トピックス


05_チャンピオンズリーグ・・レアルの憂鬱!?・・(2005年9月29日、木曜日)

簡単に、ごく簡単に、「レアル・マドリーの現状」を考察してみようと思いキーボードに向かいました。要は、昨日のオリンピアコス(ギリシャのアテネを本拠地にする歴史ある有名クラブ)戦に、私のレポート・モティベーションをくすぐるコンテンツがあったということです。ということで、自分自身のメモとして簡単なコラムをアップすることにした次第(わたし自身の学習プロセスのキックオフ!?)。

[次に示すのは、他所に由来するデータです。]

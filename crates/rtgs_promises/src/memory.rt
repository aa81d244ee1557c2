//! A database in memory with the tables of a new book.
ghost use Rattle.std.specs.Prelude.{◌≡◌, false, IfOk, IfErr, IsTrue};
ghost use Rattle.sqlite.specs.Held.{state};
ghost use Rattle.sqlite.specs.Steps.{over_memory, IsEmpty};
ghost use Rattle.rtgs_book.specs.Books.{new_book};
ghost use Rattle.rtgs_promises.specs.Headline.{IsForced};
ghost use Rattle.rtgs_book_file.specs.stored_desk.Stored.{AreTablesOf};

use crate::making::tables_made;
use crate::sessions::{NoSession, Unfinished};
use rtgs_book::{Refusal, WholeAnswer};
use sqlite::{Connection, MemStore};
use std::alloc::Global;

// An empty database in memory.
fn empty_in_memory(alloc: Global) -> Result<Connection<MemStore>, NoSession>
    ensures empty { IfOk result (λ conn. IsEmpty (state over_memory conn)) }
    ensures idle { IfOk result (λ conn. conn.in_transaction ≡ false) }
    ensures cause { IfErr result IsForced }
{
    match Connection::open_in_memory(alloc) {
        Ok(conn) => Ok(conn),
        Err(_) => Err(NoSession::OutOfMemory),
    }
}

/// A database in memory with the tables of a new book.
pub(crate) fn made_in_memory(alloc: Global) -> Result<Connection<MemStore>, NoSession>
    ensures held { IfOk result (λ made. IsTrue (state over_memory made).is_open
        × AreTablesOf new_book (state over_memory made).committed.trees) }
    ensures idle { IfOk result (λ made. made.in_transaction ≡ false) }
    ensures cause { IfErr result IsForced }
{
    let conn = empty_in_memory(alloc)?;
    match tables_made(alloc, conn) {
        Ok(made) => Ok(made),
        Err(unfinished) => {
            let Unfinished {
                said: _,
                cause,
                store: _,
            } = unfinished;
            Err(cause)
        }
    }
}

/// The replies of sessions in memory that ended early, and why there were no more.
pub(crate) fn told(
    unfinished: Unfinished<MemStore>,
) -> (Vec<Vec<Result<WholeAnswer, Refusal>>>, NoSession)
    ensures { (result.0 ≡ unfinished.said) × (result.1 ≡ unfinished.cause) }
{
    let Unfinished {
        said,
        cause,
        store: _,
    } = unfinished;
    (said, cause)
}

 この試合のレアルは、勝利を収めたし、ゲームを通したチャンスの数でも、相手のオリンピアコスを圧倒していました。そこでは、ラウールがヘッドで挙げた先制ゴールのアシストも含め、ベッカムのロングパス(タテへの仕掛けパス・サイドチェンジパス・クロス・・等々)が冴えわたっていましたよ。とはいっても、レアルが、本当の意味で内容的に圧倒していたのは前半の半ばを過ぎたあたりまででした。それは多分に、オリンピアコス守備ブロックの、ボールがないところでの守備の稚拙さが原因でした。ラウールにフリーで決定的スペースへ入り込まれた先制ゴールのシーンを観ていて、これじゃ、あと何点入るか分かったものじゃない・・なんて思った者です。

 でもそれ以降は、オリンピアコスがレアルの攻めリズムに慣れ、逆にレアルのボールがないところでのプレーコンテンツが減退していったこともあって、オリンピアコスの守備が落ち着きを取り戻していくのです。こうなったらオリンピアコスにチャンスが巡ってくるのも道理。その流れのなかでカフェスが、見事なロングシュートから同点ゴールを入れたというわけです。後半3分のことでした。そしてゲームが、まさにオリンピアコスの狙いそのままの「膠着ゲーム」に陥っていくのです。その倦怠感あふれる雰囲気は、観ている者すべてを、「このまま引き分けだな・・」と確信させるに十分なものでした。以前のレアルには、そんな倦怠ムードを「自分たちの意志」で振り払ってしまえるくらいの爆発的なポテンシャルがあったのに・・。

 いまのレアルは、「ブラジル」へ突き進んでいると感じます。それまでのロベカルとロナウドに加え、ロビーニョとジュリオ・バプティスタが加入してきたのですからね。あっと・・監督のバンデルレイ・ルシェンブルコさんも忘れてはいけません。選手のなかでは、特にジュリオ・バプティスタ。彼は、仕掛けのリズムを司ります。もちろんそのリズムは、まさに「ブラジル」。ゆったりと余裕をもったポゼッションから急激なテンポアップを意図するのです。またロビーニョにしても、最前線からの守備はおざなりだから、もう一人のロナウドが入ってきたのと同義。要は、最前線のフタが「二枚」になったっちゅうことです。

 「ブラジル」になるためには、仕掛けリズムに対して、チームの全員が「同じイメージ描写」ができなければなりません。それができれば、もちろん天賦の才が光り輝くんだろうけれどネ。これは時間がかかるな・・。彼らのサッカーを観ていて、そんなことを感じたものです。

 私が言いたかったのは、これまでのレアルでは、決して「ブラジル」が主体になることはなかったということです。あくまでもヨーロッパ的なスマートな組織プレーを基盤にして、そこに個のエスプリプレーがタイミング良くミックスしていく・・。もちろん、「ブラジル」が主流になり、選手たち全員がそのリズムを効果的にシェアできるならばハナシは別なのだけれど・・。いまのレアルは、とにかく中途半端だと感じますよ。これでジダンがケガから復帰したらどういうことになるんだろうね。いまのレアルには、サッカー内容をめぐるチーム内ストラグル(葛藤)に耐えうるだけの余裕などありませんよね。健全なチームだったら、そのストラグルが生み出す緊張感によってチーム力が倍加するけれどネ・・。

 それに、トーマス・グラヴェセンを先発に起用しない(数日前のリーグ戦でもそうだった!)という方針にも、ちょっと驚いていますよ。これじゃ、チームに、本当の意味での汗かきがいなくなってしまう。これでは、ちょっと強いチームとやったら、簡単に、ボールがないところで勝負を決められちゃうだろうネ。守備では、「肝心な勝負所を抑える作業」には、その前の準備作業において、多大な汗かきパフォーマンス(大人の忍耐力!)が必要なのですよ。それがあってはじめて、華麗なインターセプトや、効果的なボール奪取勝負が可能になるというわけです。

 とにかく、いまのレアルが置かれている状況と、これからの展開に対して大いなる興味がわいてきた湯浅だったのです。